# RECORDS FOR THIS EXERCISE
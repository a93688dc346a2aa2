//! The range of an export that is converted.

use crate::seconds::read_seconds;

/// The range of an export that is converted, in microseconds on the export's own clock.
#[derive(Clone, Copy)]
pub(crate) struct TimeRange {
    /// The first time that is converted; none where the export's beginning is.
    pub(crate) from_us: Option<i64>,
    /// The time from which on nothing is converted; none where all to the end is.
    pub(crate) to_us: Option<i64>,
}

/// What is wrong where a word is no number of seconds.
const NO_SECONDS: &str = "--from SECONDS or --to SECONDS is wrong";

/// What is wrong where a range ends before it begins, or at once.
const NOT_LATER: &str = "--to SECONDS has to be later than --from SECONDS";

impl TimeRange {
    /// The range that these words name, in seconds; an empty word names no end. An error is what is wrong: one is no number of seconds, or
    /// the range ends no later than it begins.
    pub(crate) fn named(from: Option<&[u8]>, to: Option<&[u8]>) -> Result<TimeRange, &'static str> {
        let (Some(from_us), Some(to_us)) = (end_named(from), end_named(to)) else {
            return Err(NO_SECONDS);
        };
        match (from_us, to_us) {
            (Some(from_us), Some(to_us)) if from_us >= to_us => Err(NOT_LATER),
            _ => Ok(TimeRange { from_us, to_us }),
        }
    }

    /// Whether a byte of this time is converted. What lies outside is passed over, and damage there is no refusal.
    pub(crate) fn holds(&self, time_us: i64) -> bool {
        self.from_us.is_none_or(|from_us| time_us >= from_us)
            && self.to_us.is_none_or(|to_us| time_us < to_us)
    }

    /// Whether the words name neither end.
    pub(crate) fn is_whole(&self) -> bool {
        self.from_us.is_none() && self.to_us.is_none()
    }

    /// What is said of an export that has no byte in the range.
    pub(crate) fn without_byte(&self) -> &'static str {
        if self.is_whole() {
            "no byte in the export"
        } else {
            "no byte in this stretch of the export"
        }
    }
}

/// The end of a range that a word names, in microseconds: `Some(None)` where it names none, and `None` where it is no number of seconds.
fn end_named(word: Option<&[u8]>) -> Option<Option<i64>> {
    match word {
        None | Some([]) => Some(None),
        Some(word) => Some(Some(read_seconds(word)?)),
    }
}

# TRY IT
Output every record in full, exactly as it was given.

# SOLUTION FOR THIS EXERCISE
repository a93688dc346a2aa2
//! The range of an export that is converted.

use crate::seconds::read_seconds;

/// The range of an export that is converted, in microseconds on the export's own clock.
#[derive(Clone, Copy)]
pub(crate) struct TimeRange {
    /// The first time that is converted; none where the export's beginning is.
    pub(crate) from_us: Option<i64>,
    /// The time from which on nothing is converted; none where all to the end is.
    pub(crate) to_us: Option<i64>,
}

/// What is wrong where a word is no number of seconds.
const NO_SECONDS: &str = "--from SECONDS or --to SECONDS is wrong";

/// What is wrong where a range ends before it begins, or at once.
const NOT_LATER: &str = "--to SECONDS has to be later than --from SECONDS";

impl TimeRange {
    /// The range that these words name, in seconds; an empty word names no end. An error is what is wrong: one is no number of seconds, or
    /// the range ends no later than it begins.
    pub(crate) fn named(from: Option<&[u8]>, to: Option<&[u8]>) -> Result<TimeRange, &'static str> {
        let (Some(from_us), Some(to_us)) = (end_named(from), end_named(to)) else {
            return Err(NO_SECONDS);
        };
        match (from_us, to_us) {
            (Some(from_us), Some(to_us)) if from_us >= to_us => Err(NOT_LATER),
            _ => Ok(TimeRange { from_us, to_us }),
        }
    }

    /// Whether a byte of this time is converted. What lies outside is passed over, and damage there is no refusal.
    pub(crate) fn holds(&self, time_us: i64) -> bool {
        self.from_us.is_none_or(|from_us| time_us >= from_us)
            && self.to_us.is_none_or(|to_us| time_us < to_us)
    }

    /// Whether the words name neither end.
    pub(crate) fn is_whole(&self) -> bool {
        self.from_us.is_none() && self.to_us.is_none()
    }

    /// What is said of an export that has no byte in the range.
    pub(crate) fn without_byte(&self) -> &'static str {
        if self.is_whole() {
            "no byte in the export"
        } else {
            "no byte in this stretch of the export"
        }
    }
}

/// The end of a range that a word names, in microseconds: `Some(None)` where it names none, and `None` where it is no number of seconds.
fn end_named(word: Option<&[u8]>) -> Option<Option<i64>> {
    match word {
        None | Some([]) => Some(None),
        Some(word) => Some(Some(read_seconds(word)?)),
    }
}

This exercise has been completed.